# Switching our homeschooling curriculum



## Pergamum (Feb 18, 2015)

Hello,

We homeschool using Sonlight. We love it. But it is a lot of work. Lots of parental involvement needed. With 3 kids and my wife pregnant and us heading back to the village in a few months (fatigue issues), we are looking for homeschooling options that would allow the kids to work more independently. Like some courses being on videos.

Also, options that reduce our packing would also help. Right now we must pack lots of books and workbooks and we would love it if homeschooling groups put more stuff in formats that could be accessed by ipad, laptop, cd, etc.

Any suggestions? My son will enter 6th grade and my daughter 3rd.


----------



## jwithnell (Feb 18, 2015)

Question: are you using a separate grade level for each child while using the core curriculum for Sonlight?


----------



## Pergamum (Feb 18, 2015)

I don't really understand the question. Yes, we have a 5th grade curriculum for Noah and 2nd grade curriculum for Alethea.


----------



## KMK (Feb 18, 2015)

I believe BJUPress has all of their textbooks available in electronic format on all platforms. They also have a hard drive option.


----------



## Miss Marple (Feb 18, 2015)

As I homeschooled 4 kids through high school (a fifth entering 9th grade next year) I have refined and winnowed what works best for me. I hope it is helpful. I was (obviously) overall happy with the results, academic and otherwise.

Sixth grade:

Foreign 
Language	*the Learnables* (involves a lot of listening to CDs and looking at pictures. NOT teacher intensive.) CAN DO WITH 3rd GRADER

Math *Saxon 65 or 76* (utilize DIVE CDs which teach each lesson on the computer.

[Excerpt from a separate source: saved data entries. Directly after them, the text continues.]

// Types.
ghost use Rattle.std.specs.Prelude.{◌≡◌, IfOk};
ghost use Rattle.nq_model.specs.Tables.{base_type};
ghost use Rattle.nq_model.specs.Types.{type_tree, is_plain, are_plain, type_eq, field_types_eq, field_types_of, fields_view};

use crate::list::List;
use crate::memory::{Memory, boxed};
use crate::table::ColumnType;
use crate::text::Label;
use std::alloc::Global;

/// A type of the nested relational calculus with functions. The labels of a record differ and stand
/// in byte order.
///
/// After Cheney, Lindley and Wadler, "Query Shredding", SIGMOD 2014.
#[derive(Drop)]
pub enum Ty {
    Int,
    Bool,
    Text,
    Rec(List<(Label, Ty)>),
    Bag(Box<Ty>),
    Fun(Box<Ty>, Box<Ty>),
}

impl Ty {
    /// The type that a base type is.
    pub fn of_base(base: ColumnType) -> Ty
        ensures { type_tree result ≡ base_type base }
    {
        match base {
            ColumnType::Int => Ty::Int,
            ColumnType::Bool => Ty::Bool,
            ColumnType::Text => Ty::Text,
        }
    }

    /// Whether no function stands in the type.
    #[cycle(plain)]
    pub fn is_plain(&self) -> bool
        ensures { result ≡ is_plain (type_tree self.now) }
    {
        match self {
            Ty::Int | Ty::Bool | Ty::Text => true,
            Ty::Rec(fields) => fields_plain(fields.as_slice()),
            Ty::Bag(element) => element.is_plain(),
            Ty::Fun(_, _) => false,
        }
    }

    /// Whether the two are one type. Records are, where they have the same labels with the same
    /// types.
    #[cycle(same)]
    #[tactic(auto, using(crate::proofs::Terms::type_of_record))]
    pub fn same(&self, other: &Ty) -> bool
        ensures { result ≡ type_eq (type_tree self.now) (type_tree other.now) }
    {
        match (self, other) {
            (Ty::Int, Ty::Int) => true,
            (Ty::Bool, Ty::Bool) => true,
            (Ty::Text, Ty::Text) => true,
            (Ty::Rec(left), Ty::Rec(right)) => same_fields(left.as_slice(), right.as_slice()),
            (Ty::Bag(left), Ty::Bag(right)) => left.same(right),
            (Ty::Fun(taken, given), Ty::Fun(other_taken, other_given)) => {
                taken.same(other_taken) && given.same(other_given)
            }
            _ => false,
        }
    }

    /// A copy of the type.
    #[cycle(copy)]
    #[tactic(auto, using(crate::proofs::Terms::type_of_record))]
    pub fn copy(&self, alloc: Global) -> Result<Ty, Memory>
        ensures { IfOk result (λ copy. type_tree copy ≡ type_tree self.now) }
    {
        match self {
            Ty::Int => Ok(Ty::Int),
            Ty::Bool => Ok(Ty::Bool),
            Ty::Text => Ok(Ty::Text),
            Ty::Rec(fields) => Ok(Ty::Rec(copy_fields(alloc, fields.as_slice())?)),
            Ty::Bag(element) => Ok(Ty::Bag(boxed(alloc, element.copy(alloc)?)?)),
            Ty::Fun(taken, given) => Ok(Ty::Fun(
                boxed(alloc, taken.copy(alloc)?)?,
                boxed(alloc, given.copy(alloc)?)?,
            )),
        }
    }
}

#[cycle(plain)]
fn fields_plain(fields: &[(Label, Ty)]) -> bool
    ensures { result ≡ are_plain (field_types_of (fields_view fields.now)) }
{
    for field in fields {
        if !field.1.is_plain() {
            return false;
        }
    }
    true
}

#[cycle(same)]
fn same_fields(left: &[(Label, Ty)], right: &[(Label, Ty)]) -> bool
    ensures { result ≡ field_types_eq (field_types_of (fields_view left.now))
        (field_types_of (fields_view right.now)) }
{
    if left.len() != right.len() {
        return false;
    }
    for i in 0..left.len() {
        if left[i].0.as_str() != right[i].0.as_str() || !left[i].1.same(&right[i].1) {
            return false;
        }
    }
    true
}

#[cycle(copy)]
fn copy_fields(alloc: Global, fields: &[(Label, Ty)]) -> Result<List<(Label, Ty)>, Memory>
    ensures { IfOk result (λ copies. fields_view copies ≡ fields_view fields.now) }
{
    let mut copies = List::with_capacity(alloc, fields.len())?;
    for field in fields {
        copies.push((field.0.copy(alloc)?, field.1.copy(alloc)?))?;
    }
    Ok(copies)
}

Really reduces teaching time)

Art *History of Art *(Barry Stebbins) – 2 year course. (note 2nd commandment violations in there, but difficult to learn 
history of art without them)

History	*History of our United States* (A Beka? or Bob Jones) (Have them just read a section at a time, then answer questions at the end,
to lessen teacher time. They should be able to read and retain at this point anyway, which is the common method of learning something)
CAN DO WITH 3rd GRADER if 6th grader reads aloud and asks the questions of the 3rd grader!

English	*Daily Grams* (blue book)
*Spelling Power*
*God’s Gift of Language C* (A Beka)

Music learn/practice an instrument; or singing CAN DO WITH THE 3rd GRADER

Science	*Observing God’s World *(A Beka) (As with History, read by himself and answer questions which lessens teacher time. I do recommend
teacher doing the experiments with them, though)

PE A sports team or a workout regimen or something.

Bible Daily Bible Reading, Family devotions, Weds. night Bible study
Sunday School, VBS’s, Bible and WCF memory work

Typing	Typing CD Rom like Typing Instructor or Mavis Beacon or whatever (basically no teacher involvement)

Geography	*Operation World* Read an entry a day, find the country on the globe, maybe make a notebook of pertinent facts about each country.
(CAN BE DONE WITH THIRD GRADER)

Third Grade:

Phonics	*Phonics Level D*, Modern Curriculum Press

Foreign
Language	*Learnables* DO WITH 6th GRADER

PE a sports team or workout regimen, make sure they can swim by now

Math *Math Level C*, Modern Curriculum Press

History	DO WITH 6th GRADER

Music learn an instrument or singing, lessons available online!

Science	*Exploring God’s World* (A Beka)

Handwriting	Cursive workbook, from a grocery store or whatever.

Spelling	Spelling Power

Language	*Language 3 *(A Beka)

Bible Bible study, Sunday school, family devotions, Cathechism work,memory work

Geo Operation World and notebook WITH 6th GRADER


----------



## puritanpilgrim (Feb 18, 2015)

We have done some option, but they cost money. We have used teaching textbooks for math along with life of fred. That hasn't been as intense as Saxon was. The kids also think it more fun. We also used some online classes from Veritas Press. Instead of buy one class for each child, we would use the history class for multiple kids at at time.


----------



## jwithnell (Feb 18, 2015)

We have been quite successful using a single Sonlight core curriculum and science for two elementary school grades. Right now, we're using the second half of US history for both our third and sixth grader along with a late-elementary school science. I read the more difficult books while my sons sometimes read the easier books to each other. This has been an extremely efficient way to home school. Since you are already using Sonlight, you could try experimenting with this during your current school year. 

If you wanted to do math and the rest of language arts more independently, Alpha and Omega has many different alternatives, electronically and otherwise. Bob Jones and A Beka, at least in the past, has been all or nothing for elementary school -- you have to get the whole grade. I'm not thrilled with A Beka science.


----------



## Pergamum (Feb 18, 2015)

Miss Marple said:


> As I homeschooled 4 kids through high school (a fifth entering 9th grade next year) I have refined and winnowed what works best for me. I hope it is helpful. I was (obviously) overall happy with the results, academic and otherwise.
> 
> Sixth grade:
> 
> ...



Wow! Thanks for putting all that down here! Looking into this now.


----------



## Miss Marple (Feb 18, 2015)

You are welcome - it was not hard as I maintain a list as I am often asked.


----------